- What is required
From the entries below, copy exactly the lines from the one that contains "filename crates/machine_turn/src/lib.rt" through the one that contains "the others are", both included, and only those.

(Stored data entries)
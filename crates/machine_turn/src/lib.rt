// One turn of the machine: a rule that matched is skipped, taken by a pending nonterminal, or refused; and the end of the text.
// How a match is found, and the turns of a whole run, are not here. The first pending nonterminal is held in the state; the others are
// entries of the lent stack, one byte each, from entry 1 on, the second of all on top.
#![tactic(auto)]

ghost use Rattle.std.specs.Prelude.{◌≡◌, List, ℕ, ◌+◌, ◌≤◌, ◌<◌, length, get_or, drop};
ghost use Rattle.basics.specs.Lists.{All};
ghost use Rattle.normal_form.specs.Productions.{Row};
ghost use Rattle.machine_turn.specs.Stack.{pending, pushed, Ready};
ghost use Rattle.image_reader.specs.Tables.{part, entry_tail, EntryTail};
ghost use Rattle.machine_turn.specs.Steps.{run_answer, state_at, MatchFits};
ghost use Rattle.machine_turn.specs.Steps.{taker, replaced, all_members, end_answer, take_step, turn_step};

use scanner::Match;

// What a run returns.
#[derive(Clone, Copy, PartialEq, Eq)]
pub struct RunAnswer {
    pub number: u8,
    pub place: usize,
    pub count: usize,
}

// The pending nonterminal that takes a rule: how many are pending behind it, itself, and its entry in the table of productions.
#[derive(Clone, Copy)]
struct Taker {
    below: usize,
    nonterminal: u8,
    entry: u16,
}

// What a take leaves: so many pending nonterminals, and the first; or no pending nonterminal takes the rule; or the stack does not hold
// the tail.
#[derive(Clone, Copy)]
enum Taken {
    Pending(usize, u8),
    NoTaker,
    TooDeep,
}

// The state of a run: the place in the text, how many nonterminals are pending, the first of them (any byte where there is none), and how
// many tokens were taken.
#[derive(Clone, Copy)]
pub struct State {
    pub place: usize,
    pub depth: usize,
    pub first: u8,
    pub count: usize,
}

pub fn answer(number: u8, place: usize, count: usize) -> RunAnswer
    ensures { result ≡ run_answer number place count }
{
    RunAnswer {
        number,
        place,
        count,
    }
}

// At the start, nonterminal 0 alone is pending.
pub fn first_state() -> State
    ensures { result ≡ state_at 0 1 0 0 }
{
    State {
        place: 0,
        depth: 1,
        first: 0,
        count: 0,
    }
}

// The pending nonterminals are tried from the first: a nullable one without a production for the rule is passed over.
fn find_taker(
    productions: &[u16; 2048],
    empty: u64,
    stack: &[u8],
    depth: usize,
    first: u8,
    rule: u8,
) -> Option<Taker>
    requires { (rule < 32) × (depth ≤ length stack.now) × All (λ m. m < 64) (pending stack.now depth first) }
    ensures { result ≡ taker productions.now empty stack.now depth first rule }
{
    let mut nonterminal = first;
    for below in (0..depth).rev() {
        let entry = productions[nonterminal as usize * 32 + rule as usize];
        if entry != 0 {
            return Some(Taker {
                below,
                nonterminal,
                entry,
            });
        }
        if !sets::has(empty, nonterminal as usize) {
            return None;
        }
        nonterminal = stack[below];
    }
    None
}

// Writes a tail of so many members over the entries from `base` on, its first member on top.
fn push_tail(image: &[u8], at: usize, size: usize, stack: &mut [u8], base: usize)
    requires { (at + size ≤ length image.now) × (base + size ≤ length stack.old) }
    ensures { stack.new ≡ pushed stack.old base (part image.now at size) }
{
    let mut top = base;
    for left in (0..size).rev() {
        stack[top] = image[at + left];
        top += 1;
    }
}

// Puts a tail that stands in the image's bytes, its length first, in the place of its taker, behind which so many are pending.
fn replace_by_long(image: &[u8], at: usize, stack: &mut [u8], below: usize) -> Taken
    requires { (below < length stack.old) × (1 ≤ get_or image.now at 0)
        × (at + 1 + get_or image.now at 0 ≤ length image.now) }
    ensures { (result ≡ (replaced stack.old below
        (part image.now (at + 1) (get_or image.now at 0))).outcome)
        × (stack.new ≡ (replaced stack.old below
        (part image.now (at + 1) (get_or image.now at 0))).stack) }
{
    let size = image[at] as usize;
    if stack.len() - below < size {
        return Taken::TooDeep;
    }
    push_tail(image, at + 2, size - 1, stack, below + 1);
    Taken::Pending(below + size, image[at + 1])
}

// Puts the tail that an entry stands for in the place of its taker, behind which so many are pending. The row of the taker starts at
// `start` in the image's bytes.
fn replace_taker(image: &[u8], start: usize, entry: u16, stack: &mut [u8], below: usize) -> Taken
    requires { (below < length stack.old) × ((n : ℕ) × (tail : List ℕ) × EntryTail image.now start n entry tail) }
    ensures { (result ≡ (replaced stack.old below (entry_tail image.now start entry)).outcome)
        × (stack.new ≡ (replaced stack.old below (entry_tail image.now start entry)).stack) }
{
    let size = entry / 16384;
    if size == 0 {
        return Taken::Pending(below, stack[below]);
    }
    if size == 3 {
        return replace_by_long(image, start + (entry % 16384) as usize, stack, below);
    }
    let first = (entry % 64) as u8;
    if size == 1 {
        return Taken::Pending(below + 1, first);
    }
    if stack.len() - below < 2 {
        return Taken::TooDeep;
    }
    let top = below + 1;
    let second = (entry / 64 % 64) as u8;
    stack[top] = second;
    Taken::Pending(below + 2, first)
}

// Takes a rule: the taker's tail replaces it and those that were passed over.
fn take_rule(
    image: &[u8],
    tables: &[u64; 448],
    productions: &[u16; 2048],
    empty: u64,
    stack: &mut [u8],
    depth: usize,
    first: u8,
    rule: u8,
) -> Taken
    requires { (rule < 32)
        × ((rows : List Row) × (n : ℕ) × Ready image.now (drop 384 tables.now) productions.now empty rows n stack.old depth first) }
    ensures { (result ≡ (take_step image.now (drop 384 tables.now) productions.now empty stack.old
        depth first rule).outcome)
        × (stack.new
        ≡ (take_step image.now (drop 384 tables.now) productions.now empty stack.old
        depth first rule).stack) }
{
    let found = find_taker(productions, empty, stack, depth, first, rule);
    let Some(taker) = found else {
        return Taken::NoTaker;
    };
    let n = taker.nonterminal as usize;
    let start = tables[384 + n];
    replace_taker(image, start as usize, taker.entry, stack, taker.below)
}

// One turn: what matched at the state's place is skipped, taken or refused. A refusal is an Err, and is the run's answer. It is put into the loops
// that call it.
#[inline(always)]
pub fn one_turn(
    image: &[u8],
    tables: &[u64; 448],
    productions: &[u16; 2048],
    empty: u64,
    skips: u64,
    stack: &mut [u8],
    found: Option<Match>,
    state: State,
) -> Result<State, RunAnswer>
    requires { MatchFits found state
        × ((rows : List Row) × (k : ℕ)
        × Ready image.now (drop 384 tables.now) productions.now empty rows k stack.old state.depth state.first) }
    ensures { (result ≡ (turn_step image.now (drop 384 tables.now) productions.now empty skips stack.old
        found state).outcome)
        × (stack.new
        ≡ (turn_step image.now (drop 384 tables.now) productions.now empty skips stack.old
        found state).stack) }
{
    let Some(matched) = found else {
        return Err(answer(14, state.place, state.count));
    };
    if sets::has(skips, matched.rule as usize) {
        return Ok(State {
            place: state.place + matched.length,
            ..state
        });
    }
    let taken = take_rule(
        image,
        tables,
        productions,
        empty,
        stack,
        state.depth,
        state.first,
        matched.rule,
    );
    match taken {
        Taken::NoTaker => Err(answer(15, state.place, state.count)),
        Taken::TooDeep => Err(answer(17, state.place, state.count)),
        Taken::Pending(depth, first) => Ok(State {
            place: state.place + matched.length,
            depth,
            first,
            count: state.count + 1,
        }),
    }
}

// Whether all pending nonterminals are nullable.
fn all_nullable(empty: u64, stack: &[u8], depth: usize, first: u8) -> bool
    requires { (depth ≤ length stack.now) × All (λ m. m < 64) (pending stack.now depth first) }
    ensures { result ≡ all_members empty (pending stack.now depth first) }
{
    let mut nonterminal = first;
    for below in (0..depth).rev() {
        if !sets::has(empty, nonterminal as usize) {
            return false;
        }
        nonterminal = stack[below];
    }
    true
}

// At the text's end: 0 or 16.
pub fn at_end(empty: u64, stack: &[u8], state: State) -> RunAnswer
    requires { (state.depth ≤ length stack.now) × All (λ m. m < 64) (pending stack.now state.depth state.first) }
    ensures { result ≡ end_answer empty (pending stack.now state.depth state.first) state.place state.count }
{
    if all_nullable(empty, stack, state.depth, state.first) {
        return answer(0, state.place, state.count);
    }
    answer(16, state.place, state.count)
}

---

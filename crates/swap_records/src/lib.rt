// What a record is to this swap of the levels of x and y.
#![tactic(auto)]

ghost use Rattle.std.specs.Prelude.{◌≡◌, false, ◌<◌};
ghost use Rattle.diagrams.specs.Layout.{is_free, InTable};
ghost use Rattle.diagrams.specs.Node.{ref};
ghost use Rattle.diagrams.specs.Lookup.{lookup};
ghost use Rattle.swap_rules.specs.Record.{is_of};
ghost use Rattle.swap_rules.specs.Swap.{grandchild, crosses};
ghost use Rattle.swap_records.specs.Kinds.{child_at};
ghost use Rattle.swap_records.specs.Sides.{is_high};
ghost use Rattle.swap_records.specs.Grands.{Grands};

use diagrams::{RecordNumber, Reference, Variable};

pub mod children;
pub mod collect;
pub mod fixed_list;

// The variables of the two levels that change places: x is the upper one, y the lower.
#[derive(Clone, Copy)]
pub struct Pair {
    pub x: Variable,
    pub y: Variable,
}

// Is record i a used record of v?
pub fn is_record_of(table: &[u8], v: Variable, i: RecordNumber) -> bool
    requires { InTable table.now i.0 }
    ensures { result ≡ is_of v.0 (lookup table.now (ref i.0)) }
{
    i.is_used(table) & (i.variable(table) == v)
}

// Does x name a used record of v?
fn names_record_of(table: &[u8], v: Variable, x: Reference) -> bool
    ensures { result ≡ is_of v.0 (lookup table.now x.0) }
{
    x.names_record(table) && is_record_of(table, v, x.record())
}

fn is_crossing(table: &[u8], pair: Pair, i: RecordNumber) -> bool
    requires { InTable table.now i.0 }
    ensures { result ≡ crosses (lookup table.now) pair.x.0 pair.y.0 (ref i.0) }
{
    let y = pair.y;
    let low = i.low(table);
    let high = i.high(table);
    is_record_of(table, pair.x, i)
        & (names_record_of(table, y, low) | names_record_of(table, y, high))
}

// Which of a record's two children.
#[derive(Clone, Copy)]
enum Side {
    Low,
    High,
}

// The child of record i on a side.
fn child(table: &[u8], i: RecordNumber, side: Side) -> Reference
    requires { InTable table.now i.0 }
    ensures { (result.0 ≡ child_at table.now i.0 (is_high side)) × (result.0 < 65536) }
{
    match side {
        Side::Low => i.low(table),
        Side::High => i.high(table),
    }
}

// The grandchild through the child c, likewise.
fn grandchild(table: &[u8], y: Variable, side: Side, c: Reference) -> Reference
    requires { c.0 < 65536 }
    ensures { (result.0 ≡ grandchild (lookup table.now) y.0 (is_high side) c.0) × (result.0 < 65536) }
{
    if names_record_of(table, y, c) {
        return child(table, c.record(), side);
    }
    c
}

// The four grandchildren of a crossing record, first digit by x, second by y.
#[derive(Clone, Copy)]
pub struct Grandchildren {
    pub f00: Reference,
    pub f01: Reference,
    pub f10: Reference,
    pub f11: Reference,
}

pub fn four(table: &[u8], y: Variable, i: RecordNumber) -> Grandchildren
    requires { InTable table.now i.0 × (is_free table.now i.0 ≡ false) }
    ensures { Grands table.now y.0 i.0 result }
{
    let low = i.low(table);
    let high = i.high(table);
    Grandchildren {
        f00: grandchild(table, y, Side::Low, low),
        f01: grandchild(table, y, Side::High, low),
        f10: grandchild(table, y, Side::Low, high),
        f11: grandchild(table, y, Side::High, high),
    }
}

- Answer for the task
filename crates/machine_turn/src/lib.rt
// One turn of the machine: a rule that matched is skipped, taken by a pending nonterminal, or refused; and the end of the text.
// How a match is found, and the turns of a whole run, are not here. The first pending nonterminal is held in the state; the others are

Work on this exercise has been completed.